Strong Passwords

     The old ‘eskimo.com’ SunOS server is the NIS (Network Information Services) master where passwords are kept and distributed.

     It is so because Linux is backwards compatible but passwords generated on Linux would be unusable on that machine.

     However this arrangement presents some problems.  Chief among them is that there is no means to enforce strong passwords and passwords are limited in terms of significant characters to half of what Linux allows.

     A secondary problem is that because of incompatibilities, in order to change a password, it is necessary to login to the old machine and change it.

     A near term fix for this will be setting up a Linux based NIS master and maintaining an independent database on the old machine, probably. There are some replacement password systems for these old machines which I am investigating for compatibility with Linux.  If one can’t be found then access will be via special request rather than available automatically.

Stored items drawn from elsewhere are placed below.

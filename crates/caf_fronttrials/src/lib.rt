//! Tables of texts: words of a command line, traces, tokens, expressions, programs and their faults.
#![tactic(auto)]

#[cfg(test)]
mod exprparse;
#[cfg(test)]
mod journal;
#[cfg(test)]
mod kinds;
#[cfg(test)]
mod lexer;
#[cfg(test)]
mod parser;
#[cfg(test)]
mod teamcheck;
#[cfg(test)]
mod words;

     In the longer term I hope to move away from NIS altogether and switch over to LDAP.  I have not had success in getting LDAP to compile under SunOS thus far.

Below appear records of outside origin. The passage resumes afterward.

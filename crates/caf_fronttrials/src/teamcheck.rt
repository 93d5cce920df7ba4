ghost use Rattle.std.specs.Prelude.{◌≡◌, ◌∷◌, ◌++◌, [], IfOk, None, codes, pos};
ghost use Rattle.caf_program.specs.Accepted.{KeepsKinds};
ghost use Rattle.caf_program.specs.declared.expr.ExprR.TheVariants as expr;
ghost use Rattle.caf_program.specs.declared.expr.TeamR.TheVariants as team;
ghost use Rattle.caf_program.specs.declared.parts.ActualR.TheVariants as actual;
ghost use Rattle.caf_program.specs.declared.program.Intent.TheVariants as intent;
ghost use Rattle.caf_program.specs.declared.program.ValueKind.TheVariants as value;
ghost use Rattle.caf_program.specs.declared.stmt.StmtR.TheVariants as stmt;

use caf_base::{Kind, Memory, Object, Sequence, Text};
use caf_program::{ActualR, DummyR, ExprR, Intent, PlaceR, Program, StmtR, SubR, TeamR, ValueKind};
use caf_teamcheck::{ShipFault, check_ships};
use sqlite_items::Items;
use std::alloc::{AllocError, Global};
use std::process::Abort;
use std::test::Fail;

/// The program is accepted.
fn expect_plain<R: Abort>(rt: &R, alloc: Global, program: Program)
    requires { KeepsKinds program }
{
    let is_plain = check_ships(alloc, program).is_ok();
    assert!(rt; is_plain);
}

/// A `finish` or `team_split` on this line of a subroutine is refused.
fn expect_collective<R: Abort>(rt: &R, alloc: Global, program: Program, line: u32, name: &str)
    requires { KeepsKinds program }
{
    let fault = check_ships(alloc, program).err();
    let is_told = match &fault {
        Some(ShipFault::CollectiveInShip(at, sub)) => *at == line && sub.as_str() == name,
        _ => false,
    };
    assert!(rt; is_told);
}

/// A `spawn` on this line of a subroutine with this dummy is refused.
fn expect_inout<R: Abort>(rt: &R, alloc: Global, program: Program, line: u32, name: &str)
    requires { KeepsKinds program }
{
    let fault = check_ships(alloc, program).err();
    let is_told = match &fault {
        Some(ShipFault::InoutInShip(at, dummy)) => *at == line && dummy.as_str() == name,
        _ => false,
    };
    assert!(rt; is_told);
}

/// `spawn f(..)[1]` of the first subroutine.
fn spawn(alloc: Global, line: u32, actual: ActualR) -> Result<StmtR, AllocError>
    ensures { IfOk result (λ s. s ≡ stmt.Spawn line None 0 (actual ∷ []) (record { rank = expr.Number (pos 1); team = team.World })) }
{
    let mut actuals = Items::new(alloc);
    actuals.push(actual)?;
    let (rank, team) = (ExprR::Number(1), TeamR::World);
    Ok(StmtR::Spawn {
        line,
        done: None,
        sub: 0,
        actuals,
        place: PlaceR { rank, team },
    })
}

/// A call without arguments.
fn call(alloc: Global, line: u32, sub: u32) -> StmtR
    ensures { result ≡ stmt.Call line sub [] }
{
    let actuals = Items::new(alloc);
    StmtR::Call { line, sub, actuals }
}

/// A finish of nothing.
fn finish(alloc: Global, line: u32) -> StmtR
    ensures { result ≡ stmt.Finish line team.World [] }
{
    StmtR::Finish {
        line,
        team: TeamR::World,
        body: Items::new(alloc),
    }
}

/// A subroutine without dummies.
fn subroutine(alloc: Global, name: &str, body: Items<StmtR>) -> Result<SubR, Memory>
    ensures { IfOk result (λ f. f ≡ record { name = name.now; dummies = []; locals = []; body = body }) }
{
    Ok(SubR {
        name: Text::copy_of(alloc, name)?,
        dummies: Sequence::new(alloc),
        locals: Sequence::new(alloc),
        body,
    })
}

/// A subroutine with one dummy.
fn with_dummy(alloc: Global, intent: Intent, body: Items<StmtR>) -> Result<SubR, Memory>
    ensures { IfOk result (λ f. f ≡ record { name = codes "f"; dummies = record { name = codes "k"; kind = value.Integer; intent = intent } ∷ []; locals = []; body = body }) }
{
    let mut dummies = Sequence::new(alloc);
    dummies.push(DummyR {
        name: Text::copy_of(alloc, "k")?,
        kind: ValueKind::Integer,
        intent,
    })?;
    Ok(SubR {
        name: Text::copy_of(alloc, "f")?,
        dummies,
        locals: Sequence::new(alloc),
        body,
    })
}

/// The subroutines `f(k)`, `g` and `h`.
fn three(
    alloc: Global,
    first: Items<StmtR>,
    second: Items<StmtR>,
    third: Items<StmtR>,
) -> Result<Sequence<SubR>, Memory>
    ensures { IfOk result (λ subs. subs ≡ record { name = codes "f"; dummies = record { name = codes "k"; kind = value.Integer; intent = intent.In } ∷ []; locals = []; body = first } ∷ record { name = codes "g"; dummies = []; locals = []; body = second } ∷ record { name = codes "h"; dummies = []; locals = []; body = third } ∷ []) }
{
    let mut subs = Sequence::new(alloc);
    subs.push(with_dummy(alloc, Intent::In, first)?)?;
    subs.push(subroutine(alloc, "g", second)?)?;
    subs.push(subroutine(alloc, "h", third)?)?;
    Ok(subs)
}

fn block(alloc: Global, statement: StmtR) -> Result<Items<StmtR>, AllocError>
    ensures { IfOk result (λ block. block ≡ statement ∷ []) }
{
    let mut block = Items::new(alloc);
    block.push(statement)?;
    Ok(block)
}

/// A block with one statement more.
fn with(block: Items<StmtR>, statement: StmtR) -> Result<Items<StmtR>, AllocError>
    ensures { IfOk result (λ longer. longer ≡ block ++ statement ∷ []) }
{
    let mut block = block;
    block.push(statement)?;
    Ok(block)
}

/// The main program ships `f(7)` and enters a finish.
fn shipping(alloc: Global, subs: Sequence<SubR>) -> Result<Program, Memory>
    ensures { IfOk result (λ p. p ≡ record { objects = []; names = []; subs = subs; body = stmt.Spawn 2 None 0 (actual.Value (expr.Number (pos 7)) ∷ []) (record { rank = expr.Number (pos 1); team = team.World }) ∷ stmt.Finish 3 team.World [] ∷ [] }) }
{
    let ship = block(alloc, spawn(alloc, 2, ActualR::Value(ExprR::Number(7)))?)?;
    let body = with(ship, finish(alloc, 3))?;
    Ok(Program {
        objects: Sequence::new(alloc),
        names: Sequence::new(alloc),
        subs,
        body,
    })
}

/// `g` enters a finish, and no ship reaches it.
fn apart(alloc: Global) -> Result<Program, Memory>
    ensures { IfOk result (λ p. KeepsKinds p) }
{
    let second = block(alloc, finish(alloc, 8))?;
    let subs = three(alloc, Items::new(alloc), second, Items::new(alloc))?;
    let program = shipping(alloc, subs)?;
    Ok(program)
}

/// `f` calls `g`, which calls `h`, which enters a finish on line 11.
fn two_deep(alloc: Global) -> Result<Program, Memory>
    ensures { IfOk result (λ p. KeepsKinds p) }
{
    let first = block(alloc, call(alloc, 5, 1))?;
    let second = block(alloc, call(alloc, 8, 2))?;
    let third = block(alloc, finish(alloc, 11))?;
    let subs = three(alloc, first, second, third)?;
    let program = shipping(alloc, subs)?;
    Ok(program)
}

/// `f` calls `h`, which calls itself and `g`, which calls `h` and enters a finish on line 9.
fn in_a_circle(alloc: Global) -> Result<Program, Memory>
    ensures { IfOk result (λ p. KeepsKinds p) }
{
    let first = block(alloc, call(alloc, 5, 2))?;
    let second = with(block(alloc, call(alloc, 8, 2))?, finish(alloc, 9))?;
    let third = with(block(alloc, call(alloc, 12, 2))?, call(alloc, 13, 1))?;
    let subs = three(alloc, first, second, third)?;
    let program = shipping(alloc, subs)?;
    Ok(program)
}

/// The main program ships `f(i)`, whose dummy `k` is `intent(inout)`.
fn inout_dummy(alloc: Global) -> Result<Program, Memory>
    ensures { IfOk result (λ p. KeepsKinds p) }
{
    let variable = Object {
        kind: Kind::Integer,
        lower: 1,
        extent: 1,
        shared: false,
    };
    let mut names = Sequence::new(alloc);
    names.push(Text::copy_of(alloc, "i")?)?;
    let mut subs = Sequence::new(alloc);
    subs.push(with_dummy(alloc, Intent::InOut, Items::new(alloc))?)?;
    let mut body = Items::new(alloc);
    body.push(spawn(alloc, 3, ActualR::Scalar(0))?)?;
    Ok(Program {
        objects: Sequence::from_slice(alloc, &[variable])?,
        names,
        subs,
        body,
    })
}

#[test]
fn ships_are_plain_along_calls_and_in_their_dummies(rt: HostRuntime) -> Result<(), Fail> {
    let alloc = rt.alloc();
    expect_plain(&rt, alloc, apart(alloc)?);
    expect_collective(&rt, alloc, two_deep(alloc)?, 11, "h");
    expect_collective(&rt, alloc, in_a_circle(alloc)?, 9, "g");
    expect_inout(&rt, alloc, inout_dummy(alloc)?, 3, "k");
    Ok(())
}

     I need to ask you folks please choose more complex passwords. A word, or a word with a number after it, is NOT secure.  Dictionary attacks will find these in about five nanoseconds.

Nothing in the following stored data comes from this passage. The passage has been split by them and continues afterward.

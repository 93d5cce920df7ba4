use caf_base::{Four, OpName, Stage};
use caf_journal::{Entry, MAX_ENTRIES, TraceFault, print_trace, read_trace, strike};
use std::alloc::{AllocError, Global};
use std::process::Abort;
use std::test::Fail;

/// The run of a program of one statement on one image.
const ONE_IMAGE_TEXT: &[u8] = b"step 0 0\n\
            contribute 0 0 0 0 0\n\
            result 0 0\n\
            leave 0\n";

const ONE_IMAGE: [Entry; 4] = [
    Entry::Step(0, 0),
    Entry::Contribute(
        0,
        Four {
            sent: 0,
            delivered: 0,
            received: 0,
            completed: 0,
        },
    ),
    Entry::Result(0, 0),
    Entry::Leave(0),
];

/// A ship that is taken after its target has contributed, so that the finish takes two waves.
const TWO_WAVES_TEXT: &[u8] = b"step 0 0\n\
            step 0 0\n\
            step 1 0\n\
            contribute 1 0 0 0 0\n\
            touch 1 0.1 ship\n\
            ack 0 0.1 ship\n\
            contribute 0 1 1 0 0\n\
            relay 0 1\n\
            result 0 1\n\
            result 1 1\n\
            step 1 1\n\
            step 1 1\n\
            contribute 0 1 1 0 0\n\
            contribute 1 0 0 1 1\n\
            relay 0 1\n\
            result 0 0\n\
            result 1 0\n\
            leave 0\n\
            leave 1\n";

const TWO_WAVES: [Entry; 19] = [
    Entry::Step(0, 0),
    Entry::Step(0, 0),
    Entry::Step(1, 0),
    Entry::Contribute(
        1,
        Four {
            sent: 0,
            delivered: 0,
            received: 0,
            completed: 0,
        },
    ),
    Entry::Touch(
        1,
        OpName {
            image: 0,
            number: 1,
        },
        Stage::Ship,
    ),
    Entry::Ack(
        0,
        OpName {
            image: 0,
            number: 1,
        },
        Stage::Ship,
    ),
    Entry::Contribute(
        0,
        Four {
            sent: 1,
            delivered: 1,
            received: 0,
            completed: 0,
        },
    ),
    Entry::Relay(0, 1),
    Entry::Result(0, 1),
    Entry::Result(1, 1),
    Entry::Step(1, 1),
    Entry::Step(1, 1),
    Entry::Contribute(
        0,
        Four {
            sent: 1,
            delivered: 1,
            received: 0,
            completed: 0,
        },
    ),
    Entry::Contribute(
        1,
        Four {
            sent: 0,
            delivered: 0,
            received: 1,
            completed: 1,
        },
    ),
    Entry::Relay(0, 1),
    Entry::Result(0, 0),
    Entry::Result(1, 0),
    Entry::Leave(0),
    Entry::Leave(1),
];

/// An image that takes the total of a wave after the others.
const LAGGING_TEXT: &[u8] = b"step 0 0\n\
            step 0 0\n\
            step 1 0\n\
            step 2 0\n\
            contribute 1 0 0 0 0\n\
            contribute 2 0 0 0 0\n\
            touch 2 0.1 ship\n\
            ack 0 0.1 ship\n\
            contribute 0 1 1 0 0\n\
            relay 0 1\n\
            relay 0 2\n\
            result 0 1\n\
            result 2 1\n\
            contribute 0 1 1 0 0\n\
            step 2 1\n\
            step 2 1\n\
            touch 0 2.1 ship\n\
            step 0 1\n\
            step 0 1\n\
            step 0 1\n\
            result 1 1\n\
            touch 1 0.2 ship\n";

const LAGGING: [Entry; 22] = [
    Entry::Step(0, 0),
    Entry::Step(0, 0),
    Entry::Step(1, 0),
    Entry::Step(2, 0),
    Entry::Contribute(
        1,
        Four {
            sent: 0,
            delivered: 0,
            received: 0,
            completed: 0,
        },
    ),
    Entry::Contribute(
        2,
        Four {
            sent: 0,
            delivered: 0,
            received: 0,
            completed: 0,
        },
    ),
    Entry::Touch(
        2,
        OpName {
            image: 0,
            number: 1,
        },
        Stage::Ship,
    ),
    Entry::Ack(
        0,
        OpName {
            image: 0,
            number: 1,
        },
        Stage::Ship,
    ),
    Entry::Contribute(
        0,
        Four {
            sent: 1,
            delivered: 1,
            received: 0,
            completed: 0,
        },
    ),
    Entry::Relay(0, 1),
    Entry::Relay(0, 2),
    Entry::Result(0, 1),
    Entry::Result(2, 1),
    Entry::Contribute(
        0,
        Four {
            sent: 1,
            delivered: 1,
            received: 0,
            completed: 0,
        },
    ),
    Entry::Step(2, 1),
    Entry::Step(2, 1),
    Entry::Touch(
        0,
        OpName {
            image: 2,
            number: 1,
        },
        Stage::Ship,
    ),
    Entry::Step(0, 1),
    Entry::Step(0, 1),
    Entry::Step(0, 1),
    Entry::Result(1, 1),
    Entry::Touch(
        1,
        OpName {
            image: 0,
            number: 2,
        },
        Stage::Ship,
    ),
];

/// Each kind and stage, and the largest numbers.
const LIMITS_TEXT: &[u8] = b"touch 63 0.65535 start\n\
            touch 0 63.1 fetch\n\
            touch 1 1.10 store\n\
            touch 1 1.9 read\n\
            touch 1 1.8 write\n\
            touch 1 1.7 notice\n\
            part 63\n\
            ack 1 2.3 notice\n\
            ack 1 2.3 start\n\
            ack 1 2.3 fetch\n\
            ack 1 2.3 store\n\
            return 4 5.6\n\
            offer 0 63\n\
            step 63 4294967295\n\
            contribute 9 1 20 300 4294967295\n\
            result 7 9223372036854775807\n";

const LIMITS: [Entry; 16] = [
    Entry::Touch(
        63,
        OpName {
            image: 0,
            number: 65535,
        },
        Stage::Start,
    ),
    Entry::Touch(
        0,
        OpName {
            image: 63,
            number: 1,
        },
        Stage::Fetch,
    ),
    Entry::Touch(
        1,
        OpName {
            image: 1,
            number: 10,
        },
        Stage::Store,
    ),
    Entry::Touch(
        1,
        OpName {
            image: 1,
            number: 9,
        },
        Stage::Read,
    ),
    Entry::Touch(
        1,
        OpName {
            image: 1,
            number: 8,
        },
        Stage::Write,
    ),
    Entry::Touch(
        1,
        OpName {
            image: 1,
            number: 7,
        },
        Stage::Notice,
    ),
    Entry::Part(63),
    Entry::Ack(
        1,
        OpName {
            image: 2,
            number: 3,
        },
        Stage::Notice,
    ),
    Entry::Ack(
        1,
        OpName {
            image: 2,
            number: 3,
        },
        Stage::Start,
    ),
    Entry::Ack(
        1,
        OpName {
            image: 2,
            number: 3,
        },
        Stage::Fetch,
    ),
    Entry::Ack(
        1,
        OpName {
            image: 2,
            number: 3,
        },
        Stage::Store,
    ),
    Entry::Return(
        4,
        OpName {
            image: 5,
            number: 6,
        },
    ),
    Entry::Offer(0, 63),
    Entry::Step(63, 4294967295),
    Entry::Contribute(
        9,
        Four {
            sent: 1,
            delivered: 20,
            received: 300,
            completed: 4294967295,
        },
    ),
    Entry::Result(7, 9223372036854775807),
];

fn reads_and_prints<R: Abort>(
    rt: &R,
    alloc: Global,
    text: &[u8],
    entries: &[Entry],
) -> Result<(), Fail> {
    let journal = read_trace(alloc, text)?;
    assert_eq!(rt; journal.as_slice(), entries);
    let printed = print_trace(alloc, &journal)?;
    assert_eq!(rt; printed.as_slice(), text);
    Ok(())
}

#[test]
fn traces_of_runs(rt: HostRuntime) -> Result<(), Fail> {
    let alloc = rt.alloc();
    reads_and_prints(&rt, alloc, ONE_IMAGE_TEXT, &ONE_IMAGE)?;
    reads_and_prints(&rt, alloc, TWO_WAVES_TEXT, &TWO_WAVES)?;
    reads_and_prints(&rt, alloc, LAGGING_TEXT, &LAGGING)?;
    reads_and_prints(&rt, alloc, LIMITS_TEXT, &LIMITS)?;
    reads_and_prints(&rt, alloc, b"", &[])
}

/// Texts whose first bad line is the line of that number.
const BAD_LINES: [(&[u8], u32); 45] = [
    (b"step 0 0", 1),
    (b"step 00 0\n", 1),
    (b"step 0 00\n", 1),
    (b"step 0  0\n", 1),
    (b"touch 0 0.1 shift\n", 1),
    (b"\n", 1),
    (b"step 0 0\n\nstep 0 0\n", 2),
    (b"step 0 0\nleave 0", 2),
    (b"step 0 0\nleave 0\npart 01\n", 3),
    (b" step 0 0\n", 1),
    (b"step 0 0 \n", 1),
    (b"step 0\n", 1),
    (b"step 0 0 0\n", 1),
    (b"step\n", 1),
    (b"step \n", 1),
    (b"Step 0 0\n", 1),
    (b"steps 0 0\n", 1),
    (b"step 64 0\n", 1),
    (b"step +1 0\n", 1),
    (b"step -1 0\n", 1),
    (b"step 0 4294967296\n", 1),
    (b"step 0 99999999999999999999\n", 1),
    (b"step 0 0\r\n", 1),
    (b"step\t0 0\n", 1),
    (b"part 64\n", 1),
    (b"leave 100\n", 1),
    (b"touch 0 0.0 ship\n", 1),
    (b"touch 0 0.65536 ship\n", 1),
    (b"touch 0 64.1 ship\n", 1),
    (b"touch 0 0.01 ship\n", 1),
    (b"touch 0 01 ship\n", 1),
    (b"touch 0 0.1.1 ship\n", 1),
    (b"ack 0 0.1 read\n", 1),
    (b"ack 0 0.1 write\n", 1),
    (b"return 0 0.1 read\n", 1),
    (b"offer 0 64\n", 1),
    (b"relay 64 0\n", 1),
    (b"contribute 0 0 0 0\n", 1),
    (b"contribute 0 0 0 0 0 0\n", 1),
    (b"contribute 0 4294967296 0 0 0\n", 1),
    (b"result 0 9223372036854775808\n", 1),
    (b"result 0 -1\n", 1),
    (b"result 0 007\n", 1),
    (b"step 0 0\nwait 0\n", 2),
    (b"step 0 \xff\n", 1),
];

#[test]
fn first_bad_lines(rt: HostRuntime) -> Result<(), Fail> {
    let alloc = rt.alloc();
    for (text, line) in &BAD_LINES {
        let fault = read_trace(alloc, text).err();
        assert_eq!(rt; fault, Some(TraceFault::BadLine(*line)), "{text:?}");
    }
    Ok(())
}

/// The text of as many lines as a trace may have.
fn full_trace(alloc: Global, line: &[u8]) -> Result<Vec<u8>, AllocError> {
    let mut text = Vec::new(alloc);
    for _ in 0..MAX_ENTRIES {
        text.extend_from_slice(line)?;
    }
    Ok(text)
}

#[test]
fn the_line_after_the_last(rt: HostRuntime) -> Result<(), Fail> {
    let alloc = rt.alloc();
    let mut text = full_trace(alloc, b"part 0\n")?;
    let journal = read_trace(alloc, &text)?;
    assert_eq!(rt; journal.len(), MAX_ENTRIES);
    text.extend_from_slice(b"part 0\n")?;
    let fault = read_trace(alloc, &text).err();
    assert_eq!(rt; fault, Some(TraceFault::BadLine(1_000_001)));
    Ok(())
}

#[test]
fn the_longest_trace(rt: HostRuntime) -> Result<(), Fail> {
    let alloc = rt.alloc();
    let text = full_trace(
        alloc,
        b"contribute 63 4294967295 4294967295 4294967295 4294967295\n",
    )?;
    let journal = read_trace(alloc, &text)?;
    let printed = print_trace(alloc, &journal)?;
    assert!(rt; printed == text);
    Ok(())
}

#[test]
fn struck_journals(rt: HostRuntime) -> Result<(), Fail> {
    let alloc = rt.alloc();
    let choices = strike(alloc, &ONE_IMAGE)?;
    assert_eq!(rt;
        choices.as_slice(),
        [Entry::Step(0, 0), Entry::Leave(0)].as_slice()
    );
    let choices = strike(alloc, &LIMITS)?;
    assert_eq!(rt; choices.len(), 8);
    Ok(())
}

     It is advisable to choose a rich character set in your password, preferably UPPER and lower case, numbers, and punctuation.  Your password should be at least eight characters long and preferably longer.  It is best that the letter portion not be dictionary words, choose say the 2nd letter from each word in a sentence or something else you can remember but won’t be in a dictionary.

     When an account is compromised and used to send spam, it results in remote sites with crappy spam handling, blocking all e-mail from our site.  Yahoo is most problematic in this regard.  For this reason it is important that you secure your account with a strong password.